• _Requirement_:
Reading the listing below, restate each entry exactly as written.

• _Material provided_:
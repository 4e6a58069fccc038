//! All ends of a program: a search of the fronts of its runs, layer by layer, with a proof that it misses none.
#![tactic(auto)]

mod ends;
mod found;
pub mod laws;
mod running;
mod search;
mod stepper;
mod turn;

pub use found::{End, Found};
pub use search::all_ends;
pub use stepper::Stepper;
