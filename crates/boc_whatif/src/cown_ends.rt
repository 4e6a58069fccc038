// The ends of greedy plans without one cown after another.

ghost use Rattle.std.specs.Prelude.{◌<◌, ◌≤◌, IfOk};
ghost use Rattle.boc_runs.specs.Changes.{without};
ghost use Rattle.boc_runs.specs.Rows.{IsRows};
ghost use Rattle.boc_greedy.specs.AnyCown.{IsOfRows};
ghost use Rattle.boc_plans.specs.Sweeps.{IsGreedyEnd, IsGreedyCownSweep};
ghost use Rattle.boc_whatif.specs.Freed.{AreEndsWithout};

use boc_greedy::{AnyCown, greedy_end_without};
use boc_plans::sharing::SeenRows;
use boc_program::count::Workers;
use boc_program::limits::MOST_COWNS;
use boc_program::short::HeldCown;
use boc_progress::Progress;
use rayon::prelude::*;
use std::alloc::{AllocError, Global};
use std::thread::Threads;

// After this many cowns, which threads share out, it is reported how far the sweep is.
const STRETCH: usize = 16;

// Returns the ends for the cowns of a stretch, from one on, up to another one. Threads share them out.
fn ends_between(
    rt: &(impl Threads + Sync),
    alloc: Global,
    rows: &SeenRows,
    known: &AnyCown,
    workers: Workers,
    from: usize,
    to: usize,
) -> Result<Vec<u64>, AllocError>
    requires shape { IsRows rows.now }
    requires known { IsOfRows rows.now known.now }
    requires order { from ≤ to }
    requires few { to ≤ MOST_COWNS }
    ensures { IfOk result (λ ends. AreEndsWithout rows.now workers from to ends.items) }
{
    (from..to)
        .into_par_iter()
        .with_min_len(1)
        .map(
            |cown: usize| -> Result<u64, AllocError>
                requires { (cown < MOST_COWNS) × IsRows rows.now × IsOfRows rows.now known.now }
                ensures { IfOk result (IsGreedyEnd (without cown rows.entry.now) workers) }
            { greedy_end_without(alloc, rows, known, cown as HeldCown, workers) },
        )
        .collect::<Result<Vec<u64>, AllocError>>(rt, alloc)?
}

/// Returns for each of the given number of cowns the end of the greedy plan for the given number of workers of the rows without it. After each stretch of cowns
/// it is reported how many of them are done. `AllocError` says that memory was refused.
///
/// Each cown takes as much time as a plan of the rows from the start. Which of them wait for which, and for whose sake, is found once.
pub fn cown_ends(
    rt: &(impl Threads + Sync),
    alloc: Global,
    rows: &SeenRows,
    count: usize,
    workers: Workers,
    progress: &mut dyn Progress,
) -> Result<Vec<u64>, AllocError>
    requires shape { IsRows rows.now }
    requires few { count ≤ MOST_COWNS }
    ensures { IfOk result (λ ends. IsGreedyCownSweep rows.now workers count ends.items) }
{
    let known = AnyCown::of(alloc, rows)?;
    let mut all = Vec::with_capacity(alloc, count)?;
    let mut done = 0;
    while done < count {
        let next = count.min(done + STRETCH);
        let ends = ends_between(rt, alloc, rows, &known, workers, done, next)?;
        all.extend_from_slice(&ends)?;
        done = next;
        progress.done(done, count);
    }
    Ok(all)
}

• _Answer space_:
repository 4e6a58069fccc038
//! All ends of a program: a search of the fronts of its runs, layer by layer, with a proof that it misses none.
#![tactic(auto)]

mod ends;
mod found;
pub mod laws;
mod running;
mod search;
mod stepper;
mod turn;

pub use found::{End, Found};
pub use search::all_ends;
pub use stepper::Stepper;
filename crates/boc_whatif/src/cown_ends.rt
repository 4e6a58069fccc038
// The ends of greedy plans without one cown after another.

ghost use Rattle.std.specs.Prelude.{◌<◌, ◌≤◌, IfOk};
ghost use Rattle.boc_runs.specs.Changes.{without};
ghost use Rattle.boc_runs.specs.Rows.{IsRows};
ghost use Rattle.boc_greedy.specs.AnyCown.{IsOfRows};
ghost use Rattle.boc_plans.specs.Sweeps.{IsGreedyEnd, IsGreedyCownSweep};
ghost use Rattle.boc_whatif.specs.Freed.{AreEndsWithout};

use boc_greedy::{AnyCown, greedy_end_without};
use boc_plans::sharing::SeenRows;
use boc_program::count::Workers;
use boc_program::limits::MOST_COWNS;
use boc_program::short::HeldCown;
use boc_progress::Progress;
use rayon::prelude::*;
use std::alloc::{AllocError, Global};
use std::thread::Threads;

// After this many cowns, which threads share out, it is reported how far the sweep is.
const STRETCH: usize = 16;

// Returns the ends for the cowns of a stretch, from one on, up to another one. Threads share them out.
fn ends_between(
    rt: &(impl Threads + Sync),
    alloc: Global,
    rows: &SeenRows,
    known: &AnyCown,
    workers: Workers,
    from: usize,
    to: usize,
) -> Result<Vec<u64>, AllocError>
    requires shape { IsRows rows.now }
    requires known { IsOfRows rows.now known.now }
    requires order { from ≤ to }
    requires few { to ≤ MOST_COWNS }
    ensures { IfOk result (λ ends. AreEndsWithout rows.now workers from to ends.items) }
{
    (from..to)
        .into_par_iter()
        .with_min_len(1)
        .map(
            |cown: usize| -> Result<u64, AllocError>
                requires { (cown < MOST_COWNS) × IsRows rows.now × IsOfRows rows.now known.now }
                ensures { IfOk result (IsGreedyEnd (without cown rows.entry.now) workers) }
            { greedy_end_without(alloc, rows, known, cown as HeldCown, workers) },
        )
        .collect::<Result<Vec<u64>, AllocError>>(rt, alloc)?
}

/// Returns for each of the given number of cowns the end of the greedy plan for the given number of workers of the rows without it. After each stretch of cowns
/// it is reported how many of them are done. `AllocError` says that memory was refused.
///
/// Each cown takes as much time as a plan of the rows from the start. Which of them wait for which, and for whose sake, is found once.
pub fn cown_ends(
    rt: &(impl Threads + Sync),
    alloc: Global,
    rows: &SeenRows,
    count: usize,
    workers: Workers,
    progress: &mut dyn Progress,
) -> Result<Vec<u64>, AllocError>
    requires shape { IsRows rows.now }
    requires few { count ≤ MOST_COWNS }
    ensures { IfOk result (λ ends. IsGreedyCownSweep rows.now workers count ends.items) }
{
    let known = AnyCown::of(alloc, rows)?;
    let mut all = Vec::with_capacity(alloc, count)?;
    let mut done = 0;
    while done < count {
        let next = count.min(done + STRETCH);
        let ends = ends_between(rt, alloc, rows, &known, workers, done, next)?;
        all.extend_from_slice(&ends)?;
        done = next;
        progress.done(done, count);
    }
    Ok(all)
}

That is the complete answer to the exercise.